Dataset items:
◇ ◇ ◇ ◇

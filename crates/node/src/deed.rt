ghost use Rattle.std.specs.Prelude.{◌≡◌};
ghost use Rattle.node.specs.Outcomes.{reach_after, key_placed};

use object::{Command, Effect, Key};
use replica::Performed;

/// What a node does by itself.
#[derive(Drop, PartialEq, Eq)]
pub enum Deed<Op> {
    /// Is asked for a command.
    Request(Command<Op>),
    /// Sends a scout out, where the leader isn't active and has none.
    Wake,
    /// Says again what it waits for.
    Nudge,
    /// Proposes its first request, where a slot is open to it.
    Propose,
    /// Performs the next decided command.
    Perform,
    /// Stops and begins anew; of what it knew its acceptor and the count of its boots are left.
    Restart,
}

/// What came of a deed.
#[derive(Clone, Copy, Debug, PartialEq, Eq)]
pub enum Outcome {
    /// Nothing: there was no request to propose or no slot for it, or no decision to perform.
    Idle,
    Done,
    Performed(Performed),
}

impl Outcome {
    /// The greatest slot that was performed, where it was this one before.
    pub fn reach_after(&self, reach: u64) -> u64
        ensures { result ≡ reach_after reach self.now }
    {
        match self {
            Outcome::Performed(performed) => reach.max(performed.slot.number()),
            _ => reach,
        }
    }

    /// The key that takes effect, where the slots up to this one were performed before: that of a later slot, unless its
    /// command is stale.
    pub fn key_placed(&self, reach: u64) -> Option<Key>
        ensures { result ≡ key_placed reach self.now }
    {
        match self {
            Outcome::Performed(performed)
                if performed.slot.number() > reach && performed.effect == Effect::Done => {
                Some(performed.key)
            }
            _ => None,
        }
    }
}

◇ ◇ ◇ ◇

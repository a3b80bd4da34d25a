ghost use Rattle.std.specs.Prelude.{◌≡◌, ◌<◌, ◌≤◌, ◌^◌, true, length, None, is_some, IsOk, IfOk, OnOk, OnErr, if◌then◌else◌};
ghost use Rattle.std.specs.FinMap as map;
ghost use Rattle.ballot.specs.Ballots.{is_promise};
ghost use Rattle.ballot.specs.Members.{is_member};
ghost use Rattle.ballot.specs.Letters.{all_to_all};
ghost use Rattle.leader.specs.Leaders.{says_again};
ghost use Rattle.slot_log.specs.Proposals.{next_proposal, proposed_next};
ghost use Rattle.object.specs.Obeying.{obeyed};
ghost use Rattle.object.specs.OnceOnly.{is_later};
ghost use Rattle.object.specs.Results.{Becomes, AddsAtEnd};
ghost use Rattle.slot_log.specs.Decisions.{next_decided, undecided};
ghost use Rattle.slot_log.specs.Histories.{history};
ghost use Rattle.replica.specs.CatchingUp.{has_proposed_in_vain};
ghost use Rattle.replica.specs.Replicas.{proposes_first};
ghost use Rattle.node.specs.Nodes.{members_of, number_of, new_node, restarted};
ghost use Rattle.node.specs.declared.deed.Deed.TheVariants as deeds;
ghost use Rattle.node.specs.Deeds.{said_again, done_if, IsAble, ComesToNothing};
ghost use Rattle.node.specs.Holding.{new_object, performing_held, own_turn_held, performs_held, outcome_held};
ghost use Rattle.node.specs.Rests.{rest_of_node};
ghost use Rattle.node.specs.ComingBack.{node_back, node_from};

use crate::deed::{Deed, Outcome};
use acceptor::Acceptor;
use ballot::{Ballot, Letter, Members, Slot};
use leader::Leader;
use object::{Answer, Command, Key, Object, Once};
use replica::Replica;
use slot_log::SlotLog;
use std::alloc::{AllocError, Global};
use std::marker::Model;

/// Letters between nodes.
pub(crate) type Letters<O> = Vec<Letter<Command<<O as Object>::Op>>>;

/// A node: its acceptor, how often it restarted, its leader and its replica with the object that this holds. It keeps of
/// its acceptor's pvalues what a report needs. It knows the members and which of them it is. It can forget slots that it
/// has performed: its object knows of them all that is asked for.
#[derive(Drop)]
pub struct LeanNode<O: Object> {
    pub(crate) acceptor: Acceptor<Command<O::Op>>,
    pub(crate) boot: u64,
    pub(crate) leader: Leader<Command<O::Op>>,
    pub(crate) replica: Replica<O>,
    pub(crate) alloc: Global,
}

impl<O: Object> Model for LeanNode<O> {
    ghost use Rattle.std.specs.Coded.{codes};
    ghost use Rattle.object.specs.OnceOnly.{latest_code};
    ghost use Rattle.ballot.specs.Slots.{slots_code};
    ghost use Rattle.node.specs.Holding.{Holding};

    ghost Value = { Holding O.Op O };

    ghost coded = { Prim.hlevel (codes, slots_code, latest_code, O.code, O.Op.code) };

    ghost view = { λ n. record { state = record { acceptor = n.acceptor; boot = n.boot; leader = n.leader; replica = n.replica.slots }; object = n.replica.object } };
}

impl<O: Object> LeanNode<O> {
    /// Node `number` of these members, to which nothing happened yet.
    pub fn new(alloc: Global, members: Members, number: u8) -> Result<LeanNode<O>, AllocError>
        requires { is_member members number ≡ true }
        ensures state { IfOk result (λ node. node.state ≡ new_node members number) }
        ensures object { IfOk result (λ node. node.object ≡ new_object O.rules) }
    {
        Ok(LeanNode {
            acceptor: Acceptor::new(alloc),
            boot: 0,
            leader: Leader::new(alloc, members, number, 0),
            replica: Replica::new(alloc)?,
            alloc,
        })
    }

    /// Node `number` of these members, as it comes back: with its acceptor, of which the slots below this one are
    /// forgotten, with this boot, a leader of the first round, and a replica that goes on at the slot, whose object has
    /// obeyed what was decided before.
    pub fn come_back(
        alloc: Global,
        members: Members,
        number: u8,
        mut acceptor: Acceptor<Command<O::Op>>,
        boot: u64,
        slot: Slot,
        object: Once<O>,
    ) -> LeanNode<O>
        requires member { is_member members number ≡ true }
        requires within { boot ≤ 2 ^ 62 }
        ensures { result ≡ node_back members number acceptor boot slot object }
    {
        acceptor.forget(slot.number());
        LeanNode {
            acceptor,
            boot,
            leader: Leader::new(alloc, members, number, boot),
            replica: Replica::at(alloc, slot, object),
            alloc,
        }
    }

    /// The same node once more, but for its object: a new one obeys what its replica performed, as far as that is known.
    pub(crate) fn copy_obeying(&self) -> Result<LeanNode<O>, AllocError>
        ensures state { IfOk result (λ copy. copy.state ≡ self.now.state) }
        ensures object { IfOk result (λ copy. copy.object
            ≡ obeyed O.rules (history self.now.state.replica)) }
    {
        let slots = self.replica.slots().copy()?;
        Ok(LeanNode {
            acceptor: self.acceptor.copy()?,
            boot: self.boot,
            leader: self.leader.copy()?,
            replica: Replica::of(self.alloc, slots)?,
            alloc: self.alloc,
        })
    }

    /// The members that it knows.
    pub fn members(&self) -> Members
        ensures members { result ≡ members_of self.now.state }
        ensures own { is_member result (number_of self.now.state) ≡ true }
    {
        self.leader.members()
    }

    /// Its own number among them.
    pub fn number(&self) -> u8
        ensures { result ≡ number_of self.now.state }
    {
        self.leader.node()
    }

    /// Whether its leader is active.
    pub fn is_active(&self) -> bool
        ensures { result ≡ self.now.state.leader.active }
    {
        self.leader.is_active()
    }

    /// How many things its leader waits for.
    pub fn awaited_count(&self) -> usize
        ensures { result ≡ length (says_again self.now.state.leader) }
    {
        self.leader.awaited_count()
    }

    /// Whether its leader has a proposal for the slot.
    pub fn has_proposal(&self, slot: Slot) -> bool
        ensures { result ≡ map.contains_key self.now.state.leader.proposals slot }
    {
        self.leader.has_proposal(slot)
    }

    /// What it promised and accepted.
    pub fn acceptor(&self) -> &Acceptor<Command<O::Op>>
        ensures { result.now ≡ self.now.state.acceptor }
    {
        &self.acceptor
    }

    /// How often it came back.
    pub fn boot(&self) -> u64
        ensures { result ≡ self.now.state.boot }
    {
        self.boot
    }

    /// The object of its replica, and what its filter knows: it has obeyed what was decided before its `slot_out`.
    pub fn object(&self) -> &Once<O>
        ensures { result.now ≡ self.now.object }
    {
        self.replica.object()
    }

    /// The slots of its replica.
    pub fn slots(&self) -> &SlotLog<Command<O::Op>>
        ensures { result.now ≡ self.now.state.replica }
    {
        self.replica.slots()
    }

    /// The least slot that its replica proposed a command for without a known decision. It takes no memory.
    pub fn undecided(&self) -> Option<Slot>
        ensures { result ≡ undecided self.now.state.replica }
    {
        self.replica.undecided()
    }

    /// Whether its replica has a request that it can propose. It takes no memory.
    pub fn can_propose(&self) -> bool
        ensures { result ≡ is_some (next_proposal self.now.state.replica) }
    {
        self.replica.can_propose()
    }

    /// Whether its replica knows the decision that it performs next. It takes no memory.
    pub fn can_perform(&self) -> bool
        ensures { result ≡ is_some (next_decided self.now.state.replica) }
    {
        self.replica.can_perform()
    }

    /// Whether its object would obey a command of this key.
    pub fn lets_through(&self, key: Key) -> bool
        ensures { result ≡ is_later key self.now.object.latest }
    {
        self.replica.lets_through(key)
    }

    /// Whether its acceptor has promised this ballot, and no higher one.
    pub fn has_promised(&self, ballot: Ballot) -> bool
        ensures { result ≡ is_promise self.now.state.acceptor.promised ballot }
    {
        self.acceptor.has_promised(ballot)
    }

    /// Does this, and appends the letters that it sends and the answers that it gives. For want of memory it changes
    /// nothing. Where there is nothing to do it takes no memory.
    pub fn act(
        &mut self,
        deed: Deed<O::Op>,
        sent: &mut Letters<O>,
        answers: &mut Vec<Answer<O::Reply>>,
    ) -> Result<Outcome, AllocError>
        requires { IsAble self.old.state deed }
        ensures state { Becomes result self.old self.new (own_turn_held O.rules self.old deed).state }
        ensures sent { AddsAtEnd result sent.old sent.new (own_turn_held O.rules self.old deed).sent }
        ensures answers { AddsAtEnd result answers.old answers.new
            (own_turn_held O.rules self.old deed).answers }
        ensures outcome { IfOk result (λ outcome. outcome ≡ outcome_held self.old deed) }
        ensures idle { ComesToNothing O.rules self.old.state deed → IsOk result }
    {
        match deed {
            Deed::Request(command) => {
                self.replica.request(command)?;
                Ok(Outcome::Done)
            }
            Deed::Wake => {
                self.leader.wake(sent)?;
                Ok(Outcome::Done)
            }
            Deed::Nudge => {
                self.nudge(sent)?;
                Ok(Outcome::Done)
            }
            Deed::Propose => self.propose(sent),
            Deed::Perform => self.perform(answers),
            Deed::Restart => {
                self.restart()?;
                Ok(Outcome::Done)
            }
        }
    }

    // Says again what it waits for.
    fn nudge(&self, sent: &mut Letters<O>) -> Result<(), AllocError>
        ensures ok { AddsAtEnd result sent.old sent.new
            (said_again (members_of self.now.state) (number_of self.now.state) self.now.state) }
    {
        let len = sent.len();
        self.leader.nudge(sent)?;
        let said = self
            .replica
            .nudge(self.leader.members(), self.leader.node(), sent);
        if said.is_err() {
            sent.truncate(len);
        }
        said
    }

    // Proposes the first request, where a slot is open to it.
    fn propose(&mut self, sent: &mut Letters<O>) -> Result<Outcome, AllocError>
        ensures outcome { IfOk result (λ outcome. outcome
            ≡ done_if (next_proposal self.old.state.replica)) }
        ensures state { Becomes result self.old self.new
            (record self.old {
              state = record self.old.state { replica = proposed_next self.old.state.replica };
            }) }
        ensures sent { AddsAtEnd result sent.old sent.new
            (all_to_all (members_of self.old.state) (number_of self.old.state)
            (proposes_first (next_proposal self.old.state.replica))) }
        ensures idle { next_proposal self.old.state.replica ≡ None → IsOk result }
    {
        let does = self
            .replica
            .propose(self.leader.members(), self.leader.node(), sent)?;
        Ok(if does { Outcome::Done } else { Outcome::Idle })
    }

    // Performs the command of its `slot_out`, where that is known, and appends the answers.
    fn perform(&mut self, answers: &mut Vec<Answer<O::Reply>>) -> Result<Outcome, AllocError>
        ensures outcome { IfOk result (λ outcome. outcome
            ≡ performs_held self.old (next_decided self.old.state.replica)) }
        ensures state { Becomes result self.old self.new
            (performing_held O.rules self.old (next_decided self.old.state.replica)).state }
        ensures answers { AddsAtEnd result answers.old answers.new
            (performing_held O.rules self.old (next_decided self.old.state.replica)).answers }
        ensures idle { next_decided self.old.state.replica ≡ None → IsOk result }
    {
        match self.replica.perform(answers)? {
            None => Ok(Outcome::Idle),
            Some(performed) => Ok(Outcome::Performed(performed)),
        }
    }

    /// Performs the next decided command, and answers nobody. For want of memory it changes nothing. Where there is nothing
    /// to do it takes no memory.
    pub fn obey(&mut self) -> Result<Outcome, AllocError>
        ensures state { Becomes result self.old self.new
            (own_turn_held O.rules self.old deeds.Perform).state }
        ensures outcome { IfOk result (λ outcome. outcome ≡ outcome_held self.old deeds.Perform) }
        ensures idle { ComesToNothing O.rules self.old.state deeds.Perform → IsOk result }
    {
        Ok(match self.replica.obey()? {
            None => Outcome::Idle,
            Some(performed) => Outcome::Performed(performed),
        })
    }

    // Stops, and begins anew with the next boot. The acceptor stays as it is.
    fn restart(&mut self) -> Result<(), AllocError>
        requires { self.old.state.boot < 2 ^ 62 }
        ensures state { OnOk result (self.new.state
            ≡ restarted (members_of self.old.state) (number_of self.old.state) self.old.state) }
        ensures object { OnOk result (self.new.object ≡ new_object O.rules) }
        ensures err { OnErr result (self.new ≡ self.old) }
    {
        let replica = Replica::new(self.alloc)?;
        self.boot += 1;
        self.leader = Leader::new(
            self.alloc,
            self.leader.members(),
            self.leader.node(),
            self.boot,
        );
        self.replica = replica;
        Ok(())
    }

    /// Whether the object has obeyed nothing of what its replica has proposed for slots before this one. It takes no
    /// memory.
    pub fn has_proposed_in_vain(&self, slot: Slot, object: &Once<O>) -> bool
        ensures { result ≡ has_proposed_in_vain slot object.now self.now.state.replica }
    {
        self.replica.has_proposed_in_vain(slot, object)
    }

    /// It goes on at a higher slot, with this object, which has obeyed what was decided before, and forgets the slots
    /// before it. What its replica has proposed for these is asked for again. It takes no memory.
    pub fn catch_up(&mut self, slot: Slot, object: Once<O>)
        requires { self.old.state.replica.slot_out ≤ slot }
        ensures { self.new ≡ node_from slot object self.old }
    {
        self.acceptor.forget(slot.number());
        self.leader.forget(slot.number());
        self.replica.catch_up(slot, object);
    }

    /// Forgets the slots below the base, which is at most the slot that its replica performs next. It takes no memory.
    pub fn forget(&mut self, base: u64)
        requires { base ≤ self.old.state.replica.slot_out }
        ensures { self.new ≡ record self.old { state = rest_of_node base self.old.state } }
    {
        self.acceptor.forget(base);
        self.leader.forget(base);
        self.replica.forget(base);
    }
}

◇ ◇ ◇ ◇

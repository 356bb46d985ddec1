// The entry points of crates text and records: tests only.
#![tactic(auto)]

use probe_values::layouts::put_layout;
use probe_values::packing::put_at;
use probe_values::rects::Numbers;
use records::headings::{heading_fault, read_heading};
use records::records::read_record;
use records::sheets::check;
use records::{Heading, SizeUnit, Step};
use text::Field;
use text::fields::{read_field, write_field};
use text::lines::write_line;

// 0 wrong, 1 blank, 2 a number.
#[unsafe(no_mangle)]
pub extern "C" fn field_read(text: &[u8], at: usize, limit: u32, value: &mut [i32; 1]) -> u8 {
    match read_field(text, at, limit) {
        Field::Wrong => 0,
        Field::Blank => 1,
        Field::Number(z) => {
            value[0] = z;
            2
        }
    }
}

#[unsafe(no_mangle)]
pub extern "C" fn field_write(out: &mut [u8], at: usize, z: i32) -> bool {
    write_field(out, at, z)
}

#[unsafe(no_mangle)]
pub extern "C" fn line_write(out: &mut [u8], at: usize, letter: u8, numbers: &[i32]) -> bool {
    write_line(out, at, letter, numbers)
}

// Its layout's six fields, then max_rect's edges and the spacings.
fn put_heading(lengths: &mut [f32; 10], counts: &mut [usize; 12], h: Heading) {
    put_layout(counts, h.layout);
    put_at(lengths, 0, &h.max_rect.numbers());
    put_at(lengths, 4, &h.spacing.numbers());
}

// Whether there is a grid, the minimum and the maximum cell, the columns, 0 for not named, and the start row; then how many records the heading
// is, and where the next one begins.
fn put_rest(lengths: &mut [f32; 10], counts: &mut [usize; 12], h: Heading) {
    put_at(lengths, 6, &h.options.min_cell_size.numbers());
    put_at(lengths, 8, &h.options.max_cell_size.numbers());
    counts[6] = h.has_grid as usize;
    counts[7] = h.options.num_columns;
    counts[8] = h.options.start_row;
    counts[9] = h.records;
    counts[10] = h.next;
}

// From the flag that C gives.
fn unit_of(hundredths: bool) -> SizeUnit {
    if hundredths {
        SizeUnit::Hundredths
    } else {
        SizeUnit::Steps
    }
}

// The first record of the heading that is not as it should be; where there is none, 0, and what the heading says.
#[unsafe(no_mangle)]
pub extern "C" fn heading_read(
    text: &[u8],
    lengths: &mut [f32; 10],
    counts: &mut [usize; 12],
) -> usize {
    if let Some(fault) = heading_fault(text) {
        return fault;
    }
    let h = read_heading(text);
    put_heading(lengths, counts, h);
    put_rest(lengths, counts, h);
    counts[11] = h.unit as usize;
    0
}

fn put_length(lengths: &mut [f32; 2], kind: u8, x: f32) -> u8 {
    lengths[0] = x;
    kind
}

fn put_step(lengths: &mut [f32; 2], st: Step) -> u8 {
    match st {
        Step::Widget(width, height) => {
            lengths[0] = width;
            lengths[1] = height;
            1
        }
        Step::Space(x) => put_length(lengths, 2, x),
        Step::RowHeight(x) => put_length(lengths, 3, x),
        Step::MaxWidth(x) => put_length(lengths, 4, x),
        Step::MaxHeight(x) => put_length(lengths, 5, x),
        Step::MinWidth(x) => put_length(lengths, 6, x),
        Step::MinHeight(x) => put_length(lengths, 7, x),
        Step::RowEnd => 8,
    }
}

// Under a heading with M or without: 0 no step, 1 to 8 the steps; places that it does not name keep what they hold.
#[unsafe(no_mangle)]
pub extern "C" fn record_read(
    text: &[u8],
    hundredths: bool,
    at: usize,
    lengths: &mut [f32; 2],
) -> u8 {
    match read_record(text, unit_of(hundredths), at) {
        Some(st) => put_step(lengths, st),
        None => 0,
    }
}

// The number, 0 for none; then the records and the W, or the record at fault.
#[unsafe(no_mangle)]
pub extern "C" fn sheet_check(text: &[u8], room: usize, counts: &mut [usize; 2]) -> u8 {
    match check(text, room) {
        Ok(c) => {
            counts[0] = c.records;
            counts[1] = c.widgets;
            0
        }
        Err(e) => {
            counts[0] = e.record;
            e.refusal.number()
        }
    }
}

◇ ◇ ◇ ◇

YOUR INSTRUCTIONS: Over all the entries, say how many lines hold the string "asked". The reply is the number alone.

ANSWER BELOW: 3